En tout état de cause, en l'état de la procédure collective ouverte au profit de la société Assurissimo, la demande de délais ou report de paiement qu'elle formule est sans objet.
En cet état, il n'y a pas lieu d'accueillir la demande de report ou de délais de paiement.
- Sur les demandes accessoires
La créance de la société Banque CIC Est sera fixé au passif de la procédure collective de la société Assurissimo à la somme de 1 500 euros, en application de l'article 700 du code de procédure civile.
PAR CES MOTIFS,
La cour, statuant contradictoirement,
Dit recevable l'intervention volontaire de la Selas 03 Partners, prise en la personne de Mme, [K], ès-qualités ;
Dit recevable l'intervention volontaire de M., [B], ès-qualités ;
Confirme le jugement, sauf en ce qu'il a condamné la société Assurimo à payer à la société Banque CIC Est les sommes de 316 253,60 euros, de 34 052,84 euros et de 44 476,31 euros ;
Statuant à nouveau de ces chefs et y ajoutant,
Fixe au passif de la société Assurissimo les créances suivantes de la société Banque CIC Est :
- à titre chirographaire, la somme de 318 583,42 euros outre les intérêts au taux de 0,70 ;
- à titre chirographaire, la somme 28 779,81 euros outre les intérêts au taux de 1,70 % ;
- à titre privilégié, à la somme de 45 061,56 euros outre les intérêts au taux de 1,25 % ;
Fixe les dépens relatifs aux frais afférents à l'instance exposés contre la société Assurimo au passif de sa procédure collective ;
Condamne M., [Z] aux dépens d'appel exposés à son égard ;
Fixe au passif de la procédure collective de la société Assurissimo la créance de la société Banque CIC Est à la somme de 1 500 euros au titre de l'article 700 du code de procédure civile.

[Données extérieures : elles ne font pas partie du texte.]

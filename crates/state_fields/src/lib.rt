// The fields of the register map: their codes in the words that hold it.
#![tactic(auto)]

pub mod bits;
pub mod codes;
pub mod holding;
pub mod named;
pub mod taking;
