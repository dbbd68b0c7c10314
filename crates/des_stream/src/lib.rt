//! The random words of nodes. Each node draws from its own stream, at places that it counts. Or it has
//! a stream for each purpose, and each draw has a group of four words.
#![tactic(auto)]

ghost use Rattle.std.specs.Prelude.{◌≡◌, ℕ, ◌+◌, ◌*◌, ◌%◌, ◌^◌, ◌<◌, ◌≤◌, slice_index};
ghost use Rattle.rand_chacha.specs.Block.{block_word};
ghost use Rattle.rand_chacha.specs.ChaCha.{key_of};
ghost use Rattle.des_stream.specs.Draws.{first_number, own_stream, scaled, second_number};
ghost use Rattle.des_stream.specs.Word.{seed_bytes, word};
ghost use Rattle.des_stream.specs.Streams.{StreamOf};

mod block;

use block::{block, high_half, low_half};
use std::marker::Model;

/// A random stream of one node, which contracts see as its seed and its number.
#[derive(Clone, Copy, Drop)]
pub struct Stream {
    seed: u64,
    number: u64,
}

impl Model for Stream {
    ghost use Rattle.des_stream.specs.Streams.{StreamOf};

    ghost Value = { StreamOf };

    ghost view = { λ s. record { seed = s.seed; number = s.number } };

    ghost inverse = { λ v. record { seed = v.seed; number = v.number } };
}

/// Streams of different nodes or for different purposes have different numbers.
pub fn streams_are_apart()
    ensures { (n m p q : ℕ) → n < 2 ^ 32 → m < 2 ^ 32 → own_stream n p ≡ own_stream m q → (n ≡ m) × (p ≡ q) }
{}

impl Stream {
    /// The stream of a node under this seed.
    pub fn of(seed: u64, node: u32) -> Stream
        ensures { result ≡ record { seed = seed; number = node } }
    {
        Stream {
            seed,
            number: u64::from(node),
        }
    }

    /// The stream that a node has for one purpose alone, under this seed.
    pub fn for_purpose(seed: u64, node: u32, purpose: u32) -> Stream
        ensures { result ≡ record { seed = seed; number = own_stream node purpose } }
    {
        Stream {
            seed,
            number: u64::from(node) + u64::from(purpose) * (1 << 32),
        }
    }

    /// The word at a place, counted from 0.
    #[tactic(auto, unfolding(crate::specs::Word::word))]
    pub fn word_at(&self, place: u64) -> u32
        ensures { result ≡ word self.now.seed self.now.number place }
    {
        self.block_at(place / 16)[(place % 16) as usize]
    }

    /// The words at a place and at the next one. Both together mostly cost as much as one.
    #[tactic(auto, unfolding(crate::specs::Word::word))]
    pub fn pair_at(&self, place: u64) -> (u32, u32)
        ensures first { result.0 ≡ word self.now.seed self.now.number place }
        ensures second { result.1 ≡ word self.now.seed self.now.number (place + 1) }
    {
        let words = self.block_at(place / 16);
        let at = (place % 16) as usize;
        if at < 15 {
            (words[at], words[at + 1])
        } else {
            (words[at], self.block_at(place / 16 + 1)[0])
        }
    }

    /// The words of a group of four, counted from 0. They lie in one block.
    #[tactic(auto, unfolding(crate::specs::Word::word))]
    pub fn group_at(&self, group: u64) -> [u32; 4]
        ensures first { slice_index result 0 ≡ word self.now.seed self.now.number (4 * group) }
        ensures second { slice_index result 1 ≡ word self.now.seed self.now.number (4 * group + 1) }
        ensures third { slice_index result 2 ≡ word self.now.seed self.now.number (4 * group + 2) }
        ensures fourth { slice_index result 3 ≡ word self.now.seed self.now.number (4 * group + 3) }
    {
        let words = self.block_at(group / 4);
        let at = (group % 4) as usize * 4;
        [words[at], words[at + 1], words[at + 2], words[at + 3]]
    }

    /// A number below the bound, made of the first two words of a group.
    pub fn number_in(&self, group: u64, bound: u64) -> u64
        ensures value { result ≡ first_number self.now.seed self.now.number group bound }
        ensures below { 0 < bound → result < bound }
    {
        let [high, low, _, _] = self.group_at(group);
        scaled(high, low, bound)
    }

    /// Two numbers, each below its bound, made of the first and of the last two words of a group.
    pub fn numbers_in(&self, group: u64, bounds: (u64, u64)) -> (u64, u64)
        ensures first { result.0 ≡ first_number self.now.seed self.now.number group bounds.0 }
        ensures second { result.1 ≡ second_number self.now.seed self.now.number group bounds.1 }
        ensures below_first { 0 < bounds.0 → result.0 < bounds.0 }
        ensures below_second { 0 < bounds.1 → result.1 < bounds.1 }
    {
        let [high, low, other_high, other_low] = self.group_at(group);
        (
            scaled(high, low, bounds.0),
            scaled(other_high, other_low, bounds.1),
        )
    }

    /// The block of this number in the stream. The key is the seed and then zeros.
    fn block_at(&self, number: u64) -> [u32; 16]
        ensures { (k : ℕ) → k < 16 → slice_index result k ≡ block_word 4 (key_of (seed_bytes self.now.seed)) number self.now.number k }
    {
        let key = [low_half(self.seed), high_half(self.seed), 0, 0, 0, 0, 0, 0];
        block(&key, number, self.number)
    }

    /// A number below `n`: the word at a place modulo `n`.
    pub fn below(&self, place: u64, n: u32) -> u32
        requires { 1 ≤ n }
        ensures value { result ≡ word self.now.seed self.now.number place % n }
        ensures below { result < n }
    {
        self.word_at(place) % n
    }
}

/// A number below the bound, made of two words. All numbers below the bound are as frequent, but for
/// `bound` parts in 2^64: the remainder of a word would favour the small ones.
fn scaled(high: u32, low: u32, bound: u64) -> u64
    ensures value { result ≡ scaled high low bound }
    ensures below { 0 < bound → result < bound }
{
    let fraction = u64::from(high) * (1 << 32) + u64::from(low);
    let product = u128::from(fraction) * u128::from(bound);
    (product >> 64) as u64
}
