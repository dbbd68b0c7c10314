//! The nodes that best successors lead back to themselves.
ghost use Rattle.std.specs.Prelude.{◌≡◌, ℕ, ◌<◌, ◌≤◌, ◌^◌, ◌↔◌, Some, IfOk, length, true, map, option_and_then};
ghost use Rattle.std.specs.List.{list_any};
ghost use Rattle.chord_audit.specs.Audit.{after, is_at};
ghost use Rattle.chord_audit.specs.Tables.{is_marked, node_at, AreLed, IsLedTo, LeadBelow};

use chord_event::Memory;
use std::alloc::Global;

/// Which nodes come back to themselves when each node leads to the one that `best` names. These are
/// the nodes to which more steps lead than there are nodes. Fewer steps lead to the same nodes once
/// each of these is led to by one of them.
pub(crate) fn ring_of(alloc: Global, best: &[Option<u32>]) -> Result<Vec<bool>, Memory>
    requires few { length best.now < 2 ^ 32 }
    requires lead { LeadBelow (length best.now) best.now }
    ensures length { IfOk result (λ ring. length ring.items ≡ length best.now) }
    ensures back { IfOk result (λ ring. (n : ℕ) → n < length best.now → (is_marked ring.items n ≡ true) ↔ ((steps : ℕ) × (1 ≤ steps) × (after (node_at best.now) steps n ≡ Some n))) }
{
    let mut far = Vec::from_slice(alloc, best)?;
    let mut ring = landed(alloc, &far)?;
    let mut steps: usize = 1;
    // Few nodes are off a ring, and these lead to it in a few steps.
    while steps <= best.len() && !are_led(alloc, best, &ring)? {
        far = twice(alloc, &far)?;
        ring = landed(alloc, &far)?;
        steps *= 2;
    }
    Ok(ring)
}

/// Whether some marked node leads to each marked node.
fn are_led(alloc: Global, best: &[Option<u32>], marks: &[bool]) -> Result<bool, Memory>
    requires lead { LeadBelow (length best.now) best.now }
    requires marks { length marks.now ≡ length best.now }
    ensures { IfOk result (λ led. (led ≡ true) ↔ AreLed best.now marks.now) }
{
    let led = led_from(alloc, best, marks)?;
    for node in 0..marks.len() {
        if marks[node] && !led[node] {
            return Ok(false);
        }
    }
    Ok(true)
}

/// Which nodes a marked node leads to.
fn led_from(alloc: Global, best: &[Option<u32>], marks: &[bool]) -> Result<Vec<bool>, Memory>
    requires lead { LeadBelow (length best.now) best.now }
    requires marks { length marks.now ≡ length best.now }
    ensures length { IfOk result (λ led. length led.items ≡ length best.now) }
    ensures led { IfOk result (λ led. (n : ℕ) → (is_marked led.items n ≡ true) ↔ IsLedTo best.now marks.now n) }
{
    let mut led = vec![in alloc; false; best.len()]?;
    for node in 0..best.len() {
        if marks[node] {
            if let Some(next) = best[node] {
                led[next as usize] = true;
            }
        }
    }
    Ok(led)
}

/// Where each node leads in twice as many steps.
fn twice(alloc: Global, steps: &[Option<u32>]) -> Result<Vec<Option<u32>>, Memory>
    requires { LeadBelow (length steps.now) steps.now }
    ensures { IfOk result (λ twice. twice.items ≡ map (option_and_then (node_at steps.now)) steps.now) }
{
    let mut twice = Vec::new(alloc);
    for way in steps {
        let on = match way {
            Some(node) => steps[*node as usize],
            None => None,
        };
        twice.push(on)?;
    }
    Ok(twice)
}

/// Which nodes some way leads to.
fn landed(alloc: Global, ways: &[Option<u32>]) -> Result<Vec<bool>, Memory>
    requires { LeadBelow (length ways.now) ways.now }
    ensures length { IfOk result (λ marks. length marks.items ≡ length ways.now) }
    ensures marks { IfOk result (λ marks. (n : ℕ) → n < length ways.now → is_marked marks.items n ≡ list_any (λ way. is_at way n) ways.now) }
{
    let mut marks = Vec::new(alloc);
    marks.resize(ways.len(), false)?;
    for way in ways {
        if let Some(node) = way {
            marks[*node as usize] = true;
        }
    }
    Ok(marks)
}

- prononcé publiquement par mise à disposition de l'arrêt au greffe de la cour, les parties en ayant été préalablement avisées dans les conditions prévues au deuxième alinéa de l'article 450 du code de procédure civile.
- signé par Monsieur Ronan GUERLOT, Président, et par Madame Françoise DUCAMIN, Greffière, auquel la minute de la décision a été remise par le magistrat signataire.